Type | |
Stats | 43 0 |
Reviews | (3) |
Published | Feb 25, 2025 |
Base Model | |
Training | Epochs: 1 |
Hash | AutoV2 02BACB2A85 |
*Important, please read this before using the model because this is very experimental, most of the time the result are mediocre
Miso Diffusion M (Alpha) is an attempt to fine tune stable diffusion 3.5 medium on anime dataset. In comfy ui it uses as little as 2.4 gb vram without the t5 text encoder. This version is fine tuned with 250k image with just 1epoch. The model with larger dataset is still in preparation but faces some challenge. During my initial attempt to fine tune with 700k image, the model would collapse after 2000 steps, it is unclear why as I find the first training run some what promising. Other issue includes the nature of SD3.5 which aim to provide diverse output meaning even if you use the same seed it will have very different outcome, so it remains unclear if it can accurately generate the characters.
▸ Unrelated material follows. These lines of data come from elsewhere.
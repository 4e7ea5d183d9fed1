//! Which function a call is of, and its answer.

ghost use Rattle.std.specs.Prelude.{◌≡◌, IfOk};
ghost use Rattle.xpath_values.specs.declared.Value.TheVariants as held;
ghost use Rattle.xpath_values.specs.Answers.{with};
ghost use Rattle.xpath_meaning.specs.Functions.{called, function_named};
ghost use Rattle.xpath_meaning.specs.Meaning.{answered};
ghost use Rattle.xpath_meaning.specs.Scope.{Answers, AreValuesOf, IsOf, IsPlace, source_of};

use crate::joining::joined;
use crate::nodes::{lang, local_name, namespace, written_name};
use crate::numbers::{last, length, own_number, position};
use crate::parts::part;
use crate::sums::sum;
use vtd_words::Words;
use xml_model::Text;
use xpath_meaning::calls::{
    after, before, ceiling_of, count, floor_of, has, normalized, own_text, round_of, starts,
    translated,
};
use xpath_meaning::{
    Function, Place, Scope, Values, function_named, no_nodes, nodes_value, number_value, truth_at,
    truth_value,
};
use xpath_nodes::Walker;
use xpath_values::{Value, ValueFault};

/// A text as a value.
fn text_held<W: Words>(
    _scope: &Scope<'_, '_, W>,
    text: Result<Text, ValueFault>,
) -> Result<Value, ValueFault>
    ensures value { result ≡ with text held.Text }
    ensures of { IfOk result (IsOf _scope.now) }
{
    match text {
        Ok(text) => Ok(Value::Text(text)),
        Err(fault) => Err(fault),
    }
}

/// The answer of a function (XPath 1.0, section 4).
fn called<W: Words>(
    scope: &Scope<'_, '_, W>,
    walker: &mut Walker<'_, '_, W>,
    place: Place,
    function: Function,
    arguments: &Values,
) -> Result<Value, ValueFault>
    requires place { IsPlace scope.now place }
    requires arguments { AreValuesOf scope.now arguments.now }
    requires walker { walker.old ≡ source_of scope.now }
    ensures means { Answers scope.now place arguments.now result (called function) }
    ensures of { IfOk result (IsOf scope.now) }
    ensures walker { walker.new ≡ walker.old }
{
    match function {
        Function::Last => number_value(scope, Ok(last(scope, place))),
        Function::Position => number_value(scope, Ok(position(scope, place))),
        Function::Count => number_value(scope, Ok(count(scope, arguments))),
        Function::LocalName => text_held(scope, local_name(scope, place, arguments)),
        Function::NamespaceUri => text_held(scope, namespace(scope, walker, place, arguments)),
        Function::Name => text_held(scope, written_name(scope, place, arguments)),
        Function::AsString => text_held(scope, own_text(scope, place, arguments)),
        Function::Concat => text_held(scope, joined(scope, arguments)),
        Function::StartsWith => truth_value(scope, starts(scope, arguments)),
        Function::Contains => truth_value(scope, has(scope, arguments)),
        Function::SubstringBefore => text_held(scope, before(scope, arguments)),
        Function::SubstringAfter => text_held(scope, after(scope, arguments)),
        Function::Substring => text_held(scope, part(scope, arguments)),
        Function::StringLength => number_value(scope, length(scope, place, arguments)),
        Function::NormalizeSpace => text_held(scope, normalized(scope, place, arguments)),
        Function::Translate => text_held(scope, translated(scope, arguments)),
        Function::AsBoolean => truth_value(scope, Ok(truth_at(arguments))),
        Function::Not => truth_value(scope, Ok(!truth_at(arguments))),
        Function::IsTrue => truth_value(scope, Ok(true)),
        Function::IsFalse => truth_value(scope, Ok(false)),
        Function::Lang => truth_value(scope, lang(scope, place, arguments)),
        Function::AsNumber => number_value(scope, own_number(scope, place, arguments)),
        Function::Sum => number_value(scope, sum(scope, arguments)),
        Function::Floor => number_value(scope, floor_of(scope, arguments)),
        Function::Ceiling => number_value(scope, ceiling_of(scope, arguments)),
        Function::Round => number_value(scope, round_of(scope, arguments)),
    }
}

/// The answer of the function of a name to the values of its arguments (XPath 1.0, section 4). A name that no function
/// has is refused before; for it the answer has no nodes. Each function takes time linear in the characters and nodes
/// that it is asked about, but `lang` and the names of nodes, which go back over the records that hold the node.
///
/// # Errors
/// The first fault of what is converted: `Fraction` where a text's number has a digit after the sixth place that is not
/// 0, `Range` where a number is out of range; else `NoMemory` where memory was not to be had.
pub fn answered<W: Words>(
    scope: &Scope<'_, '_, W>,
    walker: &mut Walker<'_, '_, W>,
    place: Place,
    name: &Text,
    arguments: Values,
) -> Result<Value, ValueFault>
    requires place { IsPlace scope.now place }
    requires arguments { AreValuesOf scope.now arguments }
    requires walker { walker.old ≡ source_of scope.now }
    ensures means { Answers scope.now place arguments result (answered (function_named name.now)) }
    ensures of { IfOk result (IsOf scope.now) }
    ensures walker { walker.new ≡ walker.old }
{
    match function_named(name) {
        Some(function) => called(scope, walker, place, function, &arguments),
        None => Ok(nodes_value(scope, no_nodes(scope))),
    }
}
Recommanded setting, euler, cfg:4 , 24-28 steps, though dpm ++ 2m also works but haven't done much testing, prompt: danbooru style tagging. The model is also very picky with prompt, I recommand simply generating with a batchsize of 4 and pick the best one.
You can download the text encoder or model at other stages here, -000001 represents the model with only 1 epoch. https://huggingface.co/suzushi/miso-diffusion-m-test
Quality tag
Masterpiece, Perfect Quality, High quality, Normal Quality, Low quality
Aesthetic Tag
Very Aesthetic, aesthetic
Pleasent
Very pleasent, pleasent, unpleasent
Additional tag: high resolution, elegant
Training setting: Adafactor with a batchsize of 40, lr_scheduler: constant with warm up
SD3.5 Specific setting:
enable_scaled_pos_embed = true
pos_emb_random_crop_rate = 0.2
weighting_scheme = "flow"
Most SD3.5 M training so far freeze all text encoder, I tried to train clip with t5 cached, but its remains unclear if this is the reason why the subsequent training failed?